Герцогиня со своей свитой получила от императрицы дом на Неве и стала проводить много времени с Потемкиным. Она очень хорошо вписалась в его беспорядочный образ жизни. Князь действительно флиртовал с глуховатой, густо нарумяненной герцогиней, которая продолжала одеваться как молоденькая девушка. Светлейший поручил ее попечению одного из своих помощников, Михаила Гарновского. Последний состоял при Потемкине кем-то вроде ординарца-коммивояжера: он был его шпионом, советником и коммерческим агентом, а теперь добавил к своим обязанностям и амплуа жиголо. Гарновский стал любовником графини, которая проводила за туалетом «по пять-шесть часов» и являла собой деликатес, который в Англии назвали бы бараниной, поданной под видом ягненка. Она делала богатые подарки Потемкину, преподнесла полотно Рафаэля Ивану Чернышеву и предлагала взять с собой в Европу младшую племянницу Потемкина Татьяну, чтобы заняться ее воспитанием...
Кингстон планировала ослепить Петербург и, не задерживаясь долго, отбыть под звуки фанфар.
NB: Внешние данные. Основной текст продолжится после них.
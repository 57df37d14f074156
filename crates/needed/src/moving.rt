//! Renames registers, as instructions move to smaller indices where others before them are removed.

ghost use Rattle.std.specs.Prelude.{◌≡◌, ◌+◌, ◌<◌, ◌≤◌, length, All, map, slice_index_or};
ghost use Rattle.needed.specs.KeptFunction as clean;
ghost use Rattle.needed.specs.KeptTables.{marks_of, HasPlace, HavePlaces};
ghost use Rattle.needed.specs.Operands.{operands_of, operands_at_end};

use crate::kept::Kept;
use ir_core::{Inst, Op, Operand, Register, Terminator};
use lists::List;
use std::mem;

/// The register, at the index that its instruction has after the removal.
fn moved_register(kept: &Kept, register: Register) -> Register
    requires { HasPlace kept.now (Operand.Register register) }
    ensures { result ≡ clean.moved_register (marks_of kept.now) register }
{
    match register {
        Register::Parameter(parameter) => Register::Parameter(parameter),
        Register::Result(block, place) => {
            let first = kept.firsts[block as usize];
            let before = kept.counts[first + place as usize] - kept.counts[first];
            Register::Result(block, before as u32)
        }
    }
}

/// An operand with its register renamed.
fn moved_operand(kept: &Kept, operand: Operand) -> Operand
    requires { HasPlace kept.now operand }
    ensures { result ≡ clean.moved_operand (marks_of kept.now) operand }
{
    match operand {
        Operand::Register(register) => Operand::Register(moved_register(kept, register)),
        other => other,
    }
}

/// The entries of a phi with the registers of their operands renamed. It takes no memory.
fn moved_entries(kept: &Kept, entries: List<(Operand, u32)>) -> List<(Operand, u32)>
    requires { HavePlaces kept.now (map (λ e. e.0) entries) }
    ensures { result ≡ map (λ e. (clean.moved_operand (marks_of kept.now) e.0, e.1)) entries }
{
    let mut entries = entries.into_vec();
    for entry in entries.iter_mut() {
        entry.0 = moved_operand(kept, entry.0);
    }
    List::from_vec(entries)
}

/// An operation with the registers of its operands renamed.
fn moved_op(kept: &Kept, op: Op) -> Op
    requires { HavePlaces kept.now (operands_of op) }
    ensures { result ≡ clean.moved_op (marks_of kept.now) op }
{
    match op {
        Op::Binary(opcode, flags, x, y) => {
            let x = moved_operand(kept, x);
            Op::Binary(opcode, flags, x, moved_operand(kept, y))
        }
        Op::Compare(pred, samesign, width, x, y) => {
            let x = moved_operand(kept, x);
            Op::Compare(pred, samesign, width, x, moved_operand(kept, y))
        }
        Op::Unary(op, truth, x) => Op::Unary(op, truth, moved_operand(kept, x)),
        Op::Select(condition, x, y) => {
            let condition = moved_operand(kept, condition);
            let x = moved_operand(kept, x);
            Op::Select(condition, x, moved_operand(kept, y))
        }
        Op::Convert(cast, flags, from, x) => Op::Convert(cast, flags, from, moved_operand(kept, x)),
        Op::Freeze(x) => Op::Freeze(moved_operand(kept, x)),
        Op::Phi(entries) => Op::Phi(moved_entries(kept, entries)),
    }
}

/// The terminator with the register of its operand renamed.
pub(crate) fn moved_end(kept: &Kept, end: Terminator) -> Terminator
    requires { HavePlaces kept.now (operands_at_end end) }
    ensures { result ≡ clean.moved_end (marks_of kept.now) end }
{
    match end {
        Terminator::Return(x) => Terminator::Return(moved_operand(kept, x)),
        Terminator::Branch(x, to, other) => Terminator::Branch(moved_operand(kept, x), to, other),
        Terminator::Switch(x, width, other, cases) => {
            Terminator::Switch(moved_operand(kept, x), width, other, cases)
        }
        Terminator::Jump(to) => Terminator::Jump(to),
        Terminator::Unreachable => Terminator::Unreachable,
    }
}

/// Renames the registers of an instruction's operands.
fn move_operands(kept: &Kept, inst: &mut Inst)
    requires { HavePlaces kept.now (operands_of inst.old.op) }
    ensures { inst.new ≡ clean.moved_inst (marks_of kept.now) inst.old }
{
    let op = mem::replace(&mut inst.op, Op::Freeze(Operand::Poison));
    inst.op = moved_op(kept, op);
}

/// Those of a block's instructions that are kept, with the registers of their operands renamed. It takes no memory.
pub(crate) fn kept_insts(kept: &Kept, block: usize, insts: List<Inst>) -> List<Inst>
    requires block { block < length kept.now.firsts.items }
    requires numbers { slice_index_or kept.now.firsts.items block 0 + length insts
        ≤ length kept.now.marks.items }
    requires operands { All (λ i. HavePlaces kept.now (operands_of i.op)) insts }
    ensures { result ≡ clean.kept_insts (marks_of kept.now) block 0 insts }
{
    let first = kept.firsts[block];
    let mut insts = insts.into_vec();
    let mut count = 0;
    for place in 0..insts.len() {
        if kept.marks[first + place] {
            move_operands(kept, &mut insts[place]);
            insts.swap(count, place);
            count += 1;
        }
    }
    insts.truncate(count);
    List::from_vec(insts)
}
План этот рухнул, когда сентябрьское наводнение 1777 года выбросило ее яхту на берег. Французские матросы разбежались. Нанимать новый экипаж и оплачивать починку судна пришлось на средства русской императрицы. К тому времени, когда герцогиня оставила Петербург сухопутным маршрутом, она называла Екатерину своим «великим другом», а Потемкина «великим министром, полным ума, [...] образцом порядочного и галантного мужчины». Он и Екатерина вежливо пригласили ее приезжать еще, хотя очень устали от ее присутствия. Гарновский проводил ее до границы.
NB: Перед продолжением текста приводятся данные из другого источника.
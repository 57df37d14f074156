//! Parsing blocks.

ghost use Rattle.ir_tokens.specs.SeenTokens.{seen};
ghost use Rattle.refusal.specs.Refusals.{Gives};
ghost use Rattle.ir_parse.specs.ModuleReaders as parsing;

use ir_instructions::{Part, each, insts, tail, terminator};
use ir_tokens::{IrError, Placed, RawBlock, RawIdentifier, Token, identifier};
use lists::List;
use std::alloc::Global;

/// Parses a label, if there is one.
#[tactic(auto, unfolding(crate::specs::ModuleReaders::label_at))]
fn label(alloc: Global, tokens: &mut &[Placed<'_>]) -> Result<Option<RawIdentifier>, IrError>
    ensures { Gives (λ x. (x, seen tokens.new.now)) result (parsing.label_at (seen tokens.old.now)) }
{
    match *tokens {
        [Placed { line, token }, rest @ ..] => match *token {
            Token::Label(written) => {
                *tokens = rest;
                Ok(Some(RawIdentifier {
                    line: *line,
                    identifier: identifier(alloc, written)?,
                }))
            }
            _ => Ok(None),
        },
        [] => Ok(None),
    }
}

/// The production of a block, whose label may be missing; a list of blocks goes on where a label is next.
enum Block {}

impl Part for Block {
    ghost use Rattle.ir_parse.specs.ModuleReaders.{is_label, block_at};

    ghost begins = { is_label };

    ghost reader = { block_at };

    type Value = RawBlock;

    fn is_next(tokens: &[Placed<'_>]) -> bool {
        match tokens {
            [Placed { token, .. }, ..] => matches!(*token, Token::Label(_)),
            [] => false,
        }
    }

    #[tactic(auto, unfolding(crate::specs::ModuleReaders::block_at))]
    fn read(alloc: Global, tokens: &mut &[Placed<'_>]) -> Result<RawBlock, IrError> {
        let label = label(alloc, tokens)?;
        let insts = insts(alloc, tokens)?;
        let (end_line, end) = terminator(alloc, tokens)?;
        tail(tokens)?;
        Ok(RawBlock {
            label,
            insts,
            end,
            end_line,
        })
    }
}

/// Parses the blocks of a function, at least one.
#[tactic(auto, unfolding(crate::specs::ModuleReaders::blocks_at))]
pub(crate) fn blocks(alloc: Global, tokens: &mut &[Placed<'_>]) -> Result<List<RawBlock>, IrError>
    ensures { Gives (λ x. (x, seen tokens.new.now)) result (parsing.blocks_at (seen tokens.old.now)) }
{
    let mut blocks = List::new(alloc);
    blocks.push(Block::read(alloc, tokens)?)?;
    each::<Block>(alloc, blocks, tokens)
}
Через два года она действительно вернулась. По словам ее бывшего садовника из Торсби, который теперь служил у Екатерины, она украсила «великолепнейший» особняк в Петербурге «красными камчатными обоями», «пятью люстрами с музыкальным секретом, органом, живописью и серебряной посудой». Она купила несколько имений в Ливонии, в том числе, по свидетельству молодого англичанина Сэмюэла Бентама, одно у Потемкина, больше чем за 100 тысяч фунтов стерлингов, и дала одному из них название «Чадли».
К 1780 году «Кингстонша» надоела и Екатерине, и Потемкину. «Она служила всеобщим посмешищем», — записал Бентам. Тем не менее она посылала в лондонские газеты всяческие небылицы о своем общении с российской императрицей. «Екатерина держится приветливо на публике, — замечал Бентам, — но она [Кингстон] не имела с ней никаких приватных бесед, которыми хвастается в английских газетах». Герцогиня держала открытый дом, но «к ней не ходил никто, кроме русских офицеров, желающих бесплатно пообедать». После неудачной попытки выйти замуж за одного из Радзивиллов, она посетила «Чадли» и снова уехала в Кале. В 1784 году она снова приехала, уехала в 1785-ом и больше уже не могла обгонять время. Герцогиня Кингстон умерла в Париже в 1788 году, и Гарновский, получивший 50 тысяч рублей по ее завещанию, сумел распорядиться большей частью имущества «Чадли» и трех других имений, составив себе отличное состояние.[365]